WHAT YOU NEED TO DO.
Reproduce the lines from the one holding "self.expect_word(Keyword::Also)?;" to the end of the entries. Include both ends and change nothing.

Stored items.
***

//! Calls: what is called, what is passed, and the annotations.

ghost use Rattle.std.specs.Prelude.{◌≡◌, ◌+◌, ◌-◌, ◌<◌, ◌≤◌, length, OnOk};
ghost use Rattle.cmm_grammar.specs.Reading.{◌>>=◌ as followed_by, next, passes, keyword, listed, round};
ghost use Rattle.cmm_lexer.specs.declared.keyword.Keyword.TheVariants.{To};
ghost use Rattle.cmm_grammar.specs.ExpressionReading.{whole};
ghost use Rattle.cmm_grammar.specs.Reading as readers;
ghost use Rattle.cmm_grammar.specs.PartReading as parts;
ghost use Rattle.cmm_grammar.specs.CallReading as calls;
ghost use Rattle.cmm_parser.specs.inside.Ended.{ended};
ghost use Rattle.cmm_parser.specs.inside.Parsing.{Takes, MayTake, point_of};

use crate::fault::Stop;
use crate::list::Listed;
use crate::parser::Parser;
use cmm_ast::{
    Actual, Callee, CalleeForm, Exit, Expr, Flow, FlowForm, Ident, Kinded, Lvalue, StmtForm, Text,
};
use cmm_items::Items;
use cmm_lexer::{Keyword, Symbol};

impl Listed for Kinded {
    ghost reads = { λ fuel. parts.kinded };

    ghost begins = { parts.begins_kinded };

    fn is_next(parser: &Parser<'_>) -> bool {
        parser.is_text() || parser.is_name()
    }

    fn parse(parser: &mut Parser<'_>) -> Result<Kinded, Stop> {
        let kind = parser.optional_text()?;
        let name = parser.ident()?;
        Ok(Kinded { kind, name })
    }
}

impl Listed for Actual {
    ghost reads = { λ fuel. parts.actual fuel };

    ghost begins = { parts.begins_actual };

    fn is_next(parser: &Parser<'_>) -> bool {
        parser.is_text() || parser.is_expression()
    }

    fn parse(parser: &mut Parser<'_>) -> Result<Actual, Stop> {
        let kind = parser.optional_text()?;
        let value = parser.whole()?;
        Ok(Actual { kind, value })
    }
}

impl Listed for Flow {
    ghost reads = { λ fuel. parts.flow fuel };

    ghost begins = { parts.begins_flow };

    fn is_next(parser: &Parser<'_>) -> bool {
        parser.is_word(Keyword::Also) || parser.is_word(Keyword::Never)
    }

    fn parse(parser: &mut Parser<'_>) -> Result<Flow, Stop> {
        let token = parser.here();
        let form = parser.flow_form()?;
        Ok(Flow { token, form })
    }
}

/// What is assigned to, as what is called.
fn called(lvalue: Lvalue) -> CalleeForm
    ensures { result ≡ parts.called lvalue }
{
    match lvalue {
        Lvalue::Name(name) => CalleeForm::Name(name),
        Lvalue::Memory(memory) => CalleeForm::Memory(memory),
    }
}

impl Parser<'_> {
    /// The values that are passed, in their brackets.
    pub(crate) fn arguments(&mut self) -> Result<Items<Actual>, Stop>
        ensures { Takes (λ fuel. parts.arguments fuel) (point_of self.old) result (point_of self.new) }
    {
        self.begin_outermost();
        let outside = self.enter(Symbol::Open)?;
        let actuals = self.may_list()?;
        self.leave(Symbol::Close, outside)?;
        Ok(actuals)
    }

    /// An expression in round brackets.
    fn whole_in_brackets(&mut self) -> Result<Expr, Stop>
        ensures { Takes (λ fuel. round (whole fuel)) (point_of self.old) result (point_of self.new) }
    {
        let outside = self.enter(Symbol::Open)?;
        let inner = self.whole()?;
        self.leave(Symbol::Close, outside)?;
        Ok(inner)
    }

    /// What is called: an expression in round brackets, a name or a word in memory.
    fn callee_form(&mut self) -> Result<CalleeForm, Stop>
        ensures { Takes (λ fuel. parts.callee_form fuel) (point_of self.old) result (point_of self.new) }
    {
        if self.is_symbol(Symbol::Open) {
            let inner = self.whole_in_brackets()?;
            Ok(CalleeForm::Bracketed(inner))
        } else {
            let lvalue = self.lvalue()?;
            Ok(called(lvalue))
        }
    }

    /// What is called, jumped to or cut to.
    pub(crate) fn callee(&mut self) -> Result<Callee, Stop>
        ensures { Takes (λ fuel. parts.callee fuel) (point_of self.old) result (point_of self.new) }
    {
        let token = self.here();
        let form = self.callee_form()?;
        Ok(Callee { token, form })
    }

    /// A call after its callee.
    pub(crate) fn call(
        &mut self,
        results: Items<Kinded>,
        convention: Option<Text>,
        callee: Callee,
    ) -> Result<StmtForm, Stop>
        ensures { Takes (λ fuel. calls.call fuel results convention callee) (point_of self.old) result (point_of self.new) }
    {
        let actuals = self.arguments()?;
        let flows = self.last_annotations()?;
        Ok(StmtForm::Call {
            results,
            convention,
            callee,
            actuals,
            flows,
        })
    }

    /// The convention of a call, where it has one.
    fn convention(&mut self) -> Result<Option<Text>, Stop>
        ensures { MayTake (λ fuel. calls.convention) (point_of self.old) result (point_of self.new) }
    {
        if self.accept_word(Keyword::Foreign) {
            Ok(Some(self.text()?))
        } else {
            Ok(None)
        }
    }

    /// A call after the `=` that follows its results, or one without them.
    pub(crate) fn call_after(&mut self, results: Items<Kinded>) -> Result<StmtForm, Stop>
        ensures { Takes (λ fuel. calls.call_after fuel results) (point_of self.old) result (point_of self.new) }
    {
        let convention = self.convention()?;
        let callee = self.callee()?;
        self.call(results, convention, callee)
    }

    /// The comma that may stand here.
    fn may_comma(&mut self)
        ensures { MayTake (λ fuel. parts.may_comma) (point_of self.old) (Ok tt) (point_of self.new) }
    {
        self.accept(Symbol::Comma);
    }

    /// The continuations of an annotation, and the comma that may follow them.
    fn names_to(&mut self) -> Result<Items<Ident>, Stop>
        ensures { Takes (λ fuel. followed_by (keyword To) (λ _. listed fuel parts.is_any_name readers.ident)) (point_of self.old) result (point_of self.new) }
    {
        self.expect_word(Keyword::To)?;
        self.listed()
    }

    /// What follows an `also`.
    fn also(&mut self) -> Result<FlowForm, Stop>
        ensures { Takes (λ fuel. parts.also fuel) (point_of self.old) result (point_of self.new) }
    {
        if self.accept_word(Keyword::Aborts) {
            self.may_comma();
            Ok(FlowForm::Aborts)
        } else if self.accept_word(Keyword::Cuts) {
            Ok(FlowForm::CutsTo(self.names_to()?))
        } else if self.accept_word(Keyword::Unwinds) {
            Ok(FlowForm::UnwindsTo(self.names_to()?))
        } else {
            self.expect_word(Keyword::Returns)?;
            Ok(FlowForm::ReturnsTo(self.names_to()?))
        }
    }

    /// What an annotation says.
    fn flow_form(&mut self) -> Result<FlowForm, Stop>
        ensures { Takes (λ fuel. parts.flow_form fuel) (point_of self.old) result (point_of self.new) }
    {
        if self.accept_word(Keyword::Never) {
            self.expect_word(Keyword::Returns)?;
            self.may_comma();
            Ok(FlowForm::NeverReturns)
        } else {
            self.expect_word(Keyword::Also)?;
            self.also()
        }
    }

    /// The annotations, after each of which a comma may stand.
    pub(crate) fn annotations(&mut self) -> Result<Items<Flow>, Stop>
        ensures { MayTake (λ fuel. parts.annotations fuel) (point_of self.old) result (point_of self.new) }
    {
        self.many()
    }

    /// The annotations at the end of a statement, and its semicolon.
    pub(crate) fn last_annotations(&mut self) -> Result<Items<Flow>, Stop>
        ensures { Takes (λ fuel. ended (parts.annotations fuel)) (point_of self.old) result (point_of self.new) }
    {
        let flows = self.annotations()?;
        self.expect(Symbol::Semicolon)?;
        Ok(flows)
    }

    /// The exit of a return.
    pub(crate) fn exit(&mut self) -> Result<Exit, Stop>
        ensures { Takes (λ fuel. parts.exit fuel) (point_of self.old) result (point_of self.new) }
    {
        let token = self.here();
        self.expect(Symbol::Less)?;
        let index = self.whole_prim()?;
        self.expect(Symbol::Slash)?;
        let count = self.whole_prim()?;
        self.expect(Symbol::Greater)?;
        Ok(Exit {
            token,
            index,
            count,
        })
    }
}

***

RESPONSE FOR THIS EXERCISE.
            self.expect_word(Keyword::Also)?;
            self.also()
        }
    }

    /// The annotations, after each of which a comma may stand.
    pub(crate) fn annotations(&mut self) -> Result<Items<Flow>, Stop>
        ensures { MayTake (λ fuel. parts.annotations fuel) (point_of self.old) result (point_of self.new) }
    {
        self.many()
    }

    /// The annotations at the end of a statement, and its semicolon.
    pub(crate) fn last_annotations(&mut self) -> Result<Items<Flow>, Stop>
        ensures { Takes (λ fuel. ended (parts.annotations fuel)) (point_of self.old) result (point_of self.new) }
    {
        let flows = self.annotations()?;
        self.expect(Symbol::Semicolon)?;
        Ok(flows)
    }

    /// The exit of a return.
    pub(crate) fn exit(&mut self) -> Result<Exit, Stop>
        ensures { Takes (λ fuel. parts.exit fuel) (point_of self.old) result (point_of self.new) }
    {
        let token = self.here();
        self.expect(Symbol::Less)?;
        let index = self.whole_prim()?;
        self.expect(Symbol::Slash)?;
        let count = self.whole_prim()?;
        self.expect(Symbol::Greater)?;
        Ok(Exit {
            token,
            index,
            count,
        })
    }
}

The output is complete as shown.